### Data for the task

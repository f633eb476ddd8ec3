//! Quotients and remainders.
ghost use Rattle.std.specs.Prelude.{◌≡◌, ℕ, ◌+◌, ◌-◌, ◌*◌, ◌<◌, Bool, length, IfOk};
ghost use Rattle.word_spec.specs.Words.{udiv, urem, sdiv, srem};
ghost use Rattle.gates.specs.Circuits.{next, Holds, Within, variable_of, bit_value};
ghost use Rattle.word_gates.specs.Numbers.{number, IsWord, IsQuotient, IsReduced};

use crate::arithmetic::{CarriedSum, negated_if, sum_with};
use crate::bitwise::{any, choice};
use crate::parts::{constant, not};
use gates::{Bit, Circuit};
use std::alloc::{AllocError, Global};

/// What a division gives.
#[derive(Drop)]
struct Parts {
    quotient: Vec<Bit>,
    remainder: Vec<Bit>,
}

/// One step of a division: a remainder with one more bit, less the divisor where that is not above it. `turned` is the divisor's complement, with one more
/// place. The carry says whether the divisor was taken off.
fn reduce(
    alloc: Global,
    circuit: &mut Circuit,
    remainder: &[Bit],
    turned: &[Bit],
) -> Result<CarriedSum, AllocError>
    requires longer { 0 < length remainder.now }
    requires same { length remainder.now ≡ length turned.now }
    requires remainder_within { Within (next circuit.old) remainder.now }
    requires turned_within { Within (next circuit.old) turned.now }
    ensures made { IfOk result (λ s. IsWord circuit.old circuit.new (3 * length remainder.now - 1) (length remainder.now - 1) s.bits.items) }
    ensures carry_made { IfOk result (λ s. variable_of s.carry < next circuit.new) }
    ensures value { IfOk result (λ s. (v : ℕ → Bool) → Holds v circuit.new →
        IsReduced (number v remainder.now) (number v turned.now) (length remainder.now - 1) (bit_value v s.carry) (number v s.bits.items)) }
{
    let n = remainder.len() - 1;
    let one = circuit.constant(true);
    let sum = sum_with(alloc, circuit, remainder, turned, one)?;
    let carry = sum.carry;
    let bits = choice(alloc, circuit, carry, &sum.bits[..n], &remainder[..n])?;
    Ok(CarriedSum { bits, carry })
}

/// The quotient and the remainder of unsigned words.
fn divide(alloc: Global, circuit: &mut Circuit, a: &[Bit], b: &[Bit]) -> Result<Parts, AllocError>
    requires same { length a.now ≡ length b.now }
    requires a_within { Within (next circuit.old) a.now }
    requires b_within { Within (next circuit.old) b.now }
    ensures quotient { IfOk result (λ w. IsWord circuit.old circuit.new (length a.now * (3 * length a.now + 2)) (length a.now) w.quotient.items) }
    ensures remainder { IfOk result (λ w. IsWord circuit.old circuit.new (length a.now * (3 * length a.now + 2)) (length a.now) w.remainder.items) }
    ensures value { IfOk result (λ w. (v : ℕ → Bool) → Holds v circuit.new →
        IsQuotient (number v a.now) (number v b.now) (length a.now) (number v w.quotient.items) (number v w.remainder.items)) }
{
    let n = a.len();
    let mut turned = not(alloc, b)?;
    turned.push(circuit.constant(true))?;
    let mut quotient = Vec::with_capacity(alloc, n)?;
    let mut remainder = constant(alloc, circuit, n, 0)?;
    for i in 0..n {
        remainder.insert(0, a[n - 1 - i])?;
        let sum = reduce(alloc, circuit, &remainder, &turned)?;
        quotient.insert(0, sum.carry)?;
        remainder = sum.bits;
    }
    Ok(Parts {
        quotient,
        remainder,
    })
}

/// The quotient of unsigned words, which by 0 is all ones.
pub fn quotient(
    alloc: Global,
    circuit: &mut Circuit,
    a: &[Bit],
    b: &[Bit],
) -> Result<Vec<Bit>, AllocError>
    requires same { length a.now ≡ length b.now }
    requires a_within { Within (next circuit.old) a.now }
    requires b_within { Within (next circuit.old) b.now }
    ensures made { IfOk result (λ w. IsWord circuit.old circuit.new (length a.now * (3 * length a.now + 2)) (length a.now) w.items) }
    ensures value { IfOk result (λ w. (v : ℕ → Bool) → Holds v circuit.new → number v w.items ≡ udiv (length a.now) (number v a.now) (number v b.now)) }
{
    let parts = divide(alloc, circuit, a, b)?;
    Ok(parts.quotient)
}

/// The remainder of unsigned words, which by 0 is the dividend.
pub fn remainder(
    alloc: Global,
    circuit: &mut Circuit,
    a: &[Bit],
    b: &[Bit],
) -> Result<Vec<Bit>, AllocError>
    requires same { length a.now ≡ length b.now }
    requires a_within { Within (next circuit.old) a.now }
    requires b_within { Within (next circuit.old) b.now }
    ensures made { IfOk result (λ w. IsWord circuit.old circuit.new (length a.now * (3 * length a.now + 2)) (length a.now) w.items) }
    ensures value { IfOk result (λ w. (v : ℕ → Bool) → Holds v circuit.new → number v w.items ≡ urem (length a.now) (number v a.now) (number v b.now)) }
{
    let parts = divide(alloc, circuit, a, b)?;
    Ok(parts.remainder)
}

/// The quotient of signed words, cut toward 0, which by 0 is all ones.
pub fn signed_quotient(
    alloc: Global,
    circuit: &mut Circuit,
    a: &[Bit],
    b: &[Bit],
) -> Result<Vec<Bit>, AllocError>
    requires some { 0 < length a.now }
    requires same { length a.now ≡ length b.now }
    requires a_within { Within (next circuit.old) a.now }
    requires b_within { Within (next circuit.old) b.now }
    ensures made { IfOk result (λ w. IsWord circuit.old circuit.new (length a.now * (3 * length a.now + 13) + 1) (length a.now) w.items) }
    ensures value { IfOk result (λ w. (v : ℕ → Bool) → Holds v circuit.new → number v w.items ≡ sdiv (length a.now) (number v a.now) (number v b.now)) }
{
    let top = a.len() - 1;
    let a_size = negated_if(alloc, circuit, a[top], a)?;
    let b_size = negated_if(alloc, circuit, b[top], b)?;
    let sizes = divide(alloc, circuit, &a_size, &b_size)?;
    let minus = circuit.xor(a[top], b[top])?;
    let signed = negated_if(alloc, circuit, minus, &sizes.quotient)?;
    let some = any(circuit, b)?;
    let zeros = constant(alloc, circuit, a.len(), 0)?;
    let ones = not(alloc, &zeros)?;
    let word = choice(alloc, circuit, some, &signed, &ones)?;
    Ok(word)
}

/// The remainder of signed words, with the dividend's sign, which by 0 is the dividend.
pub fn signed_remainder(
    alloc: Global,
    circuit: &mut Circuit,
    a: &[Bit],
    b: &[Bit],
) -> Result<Vec<Bit>, AllocError>
    requires some { 0 < length a.now }
    requires same { length a.now ≡ length b.now }
    requires a_within { Within (next circuit.old) a.now }
    requires b_within { Within (next circuit.old) b.now }
    ensures made { IfOk result (λ w. IsWord circuit.old circuit.new (length a.now * (3 * length a.now + 11)) (length a.now) w.items) }
    ensures value { IfOk result (λ w. (v : ℕ → Bool) → Holds v circuit.new → number v w.items ≡ srem (length a.now) (number v a.now) (number v b.now)) }
{
    let top = a.len() - 1;
    let a_size = negated_if(alloc, circuit, a[top], a)?;
    let b_size = negated_if(alloc, circuit, b[top], b)?;
    let sizes = divide(alloc, circuit, &a_size, &b_size)?;
    let word = negated_if(alloc, circuit, a[top], &sizes.remainder)?;
    Ok(word)
}
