//! Operators on each bit.
ghost use Rattle.std.specs.Prelude.{◌≡◌, ℕ, ◌<◌, Bool, cond, length, bit_and, bit_or, bit_xor, nat_lt, IfOk};
ghost use Rattle.gates.specs.Circuits.{next, Holds, IsBit, Within, variable_of, bit_value};
ghost use Rattle.word_gates.specs.Numbers.{number, IsWord};

use gates::{Bit, Circuit};
use std::alloc::{AllocError, Global};

/// Both words' bits.
pub fn and(
    alloc: Global,
    circuit: &mut Circuit,
    a: &[Bit],
    b: &[Bit],
) -> Result<Vec<Bit>, AllocError>
    requires same { length a.now ≡ length b.now }
    requires a_within { Within (next circuit.old) a.now }
    requires b_within { Within (next circuit.old) b.now }
    ensures made { IfOk result (λ w. IsWord circuit.old circuit.new (length a.now) (length a.now) w.items) }
    ensures value { IfOk result (λ w. (v : ℕ → Bool) → Holds v circuit.new → number v w.items ≡ bit_and (number v a.now) (number v b.now)) }
{
    let mut bits = Vec::with_capacity(alloc, a.len())?;
    for i in 0..a.len() {
        bits.push(circuit.and(a[i], b[i])?)?;
    }
    Ok(bits)
}

/// Either word's bits.
pub fn or(
    alloc: Global,
    circuit: &mut Circuit,
    a: &[Bit],
    b: &[Bit],
) -> Result<Vec<Bit>, AllocError>
    requires same { length a.now ≡ length b.now }
    requires a_within { Within (next circuit.old) a.now }
    requires b_within { Within (next circuit.old) b.now }
    ensures made { IfOk result (λ w. IsWord circuit.old circuit.new (length a.now) (length a.now) w.items) }
    ensures value { IfOk result (λ w. (v : ℕ → Bool) → Holds v circuit.new → number v w.items ≡ bit_or (number v a.now) (number v b.now)) }
{
    let mut bits = Vec::with_capacity(alloc, a.len())?;
    for i in 0..a.len() {
        bits.push(circuit.or(a[i], b[i])?)?;
    }
    Ok(bits)
}

/// The bits in which the words differ.
pub fn xor(
    alloc: Global,
    circuit: &mut Circuit,
    a: &[Bit],
    b: &[Bit],
) -> Result<Vec<Bit>, AllocError>
    requires same { length a.now ≡ length b.now }
    requires a_within { Within (next circuit.old) a.now }
    requires b_within { Within (next circuit.old) b.now }
    ensures made { IfOk result (λ w. IsWord circuit.old circuit.new (length a.now) (length a.now) w.items) }
    ensures value { IfOk result (λ w. (v : ℕ → Bool) → Holds v circuit.new → number v w.items ≡ bit_xor (number v a.now) (number v b.now)) }
{
    let mut bits = Vec::with_capacity(alloc, a.len())?;
    for i in 0..a.len() {
        bits.push(circuit.xor(a[i], b[i])?)?;
    }
    Ok(bits)
}

/// The first word where the condition is true, else the second.
pub fn choice(
    alloc: Global,
    circuit: &mut Circuit,
    c: Bit,
    a: &[Bit],
    b: &[Bit],
) -> Result<Vec<Bit>, AllocError>
    requires same { length a.now ≡ length b.now }
    requires c_within { variable_of c < next circuit.old }
    requires a_within { Within (next circuit.old) a.now }
    requires b_within { Within (next circuit.old) b.now }
    ensures made { IfOk result (λ w. IsWord circuit.old circuit.new (length a.now) (length a.now) w.items) }
    ensures value { IfOk result (λ w. (v : ℕ → Bool) → Holds v circuit.new → number v w.items ≡ cond (bit_value v c) (number v a.now) (number v b.now)) }
{
    let mut bits = Vec::with_capacity(alloc, a.len())?;
    for i in 0..a.len() {
        bits.push(circuit.ite(c, a[i], b[i])?)?;
    }
    Ok(bits)
}

/// The word where the condition is true, else 0.
pub fn masked(
    alloc: Global,
    circuit: &mut Circuit,
    c: Bit,
    a: &[Bit],
) -> Result<Vec<Bit>, AllocError>
    requires c_within { variable_of c < next circuit.old }
    requires a_within { Within (next circuit.old) a.now }
    ensures made { IfOk result (λ w. IsWord circuit.old circuit.new (length a.now) (length a.now) w.items) }
    ensures value { IfOk result (λ w. (v : ℕ → Bool) → Holds v circuit.new → number v w.items ≡ cond (bit_value v c) (number v a.now) 0) }
{
    let mut bits = Vec::with_capacity(alloc, a.len())?;
    for i in 0..a.len() {
        bits.push(circuit.and(c, a[i])?)?;
    }
    Ok(bits)
}

/// Whether the word is not 0.
pub fn any(circuit: &mut Circuit, a: &[Bit]) -> Result<Bit, AllocError>
    requires { Within (next circuit.old) a.now }
    ensures made { IfOk result (IsBit circuit.old circuit.new (length a.now)) }
    ensures value { IfOk result (λ l. (v : ℕ → Bool) → Holds v circuit.new → bit_value v l ≡ nat_lt 0 (number v a.now)) }
{
    let mut some = circuit.constant(false);
    for i in 0..a.len() {
        some = circuit.or(some, a[i])?;
    }
    Ok(some)
}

######

* **Required action**
For this listing, copy out every line that includes the word "IsBit".

* **Exercise solution**
ghost use Rattle.gates.specs.Circuits.{next, Holds, IsBit, Within, variable_of, bit_value};
    ensures made { IfOk result (IsBit circuit.old circuit.new (length a.now)) }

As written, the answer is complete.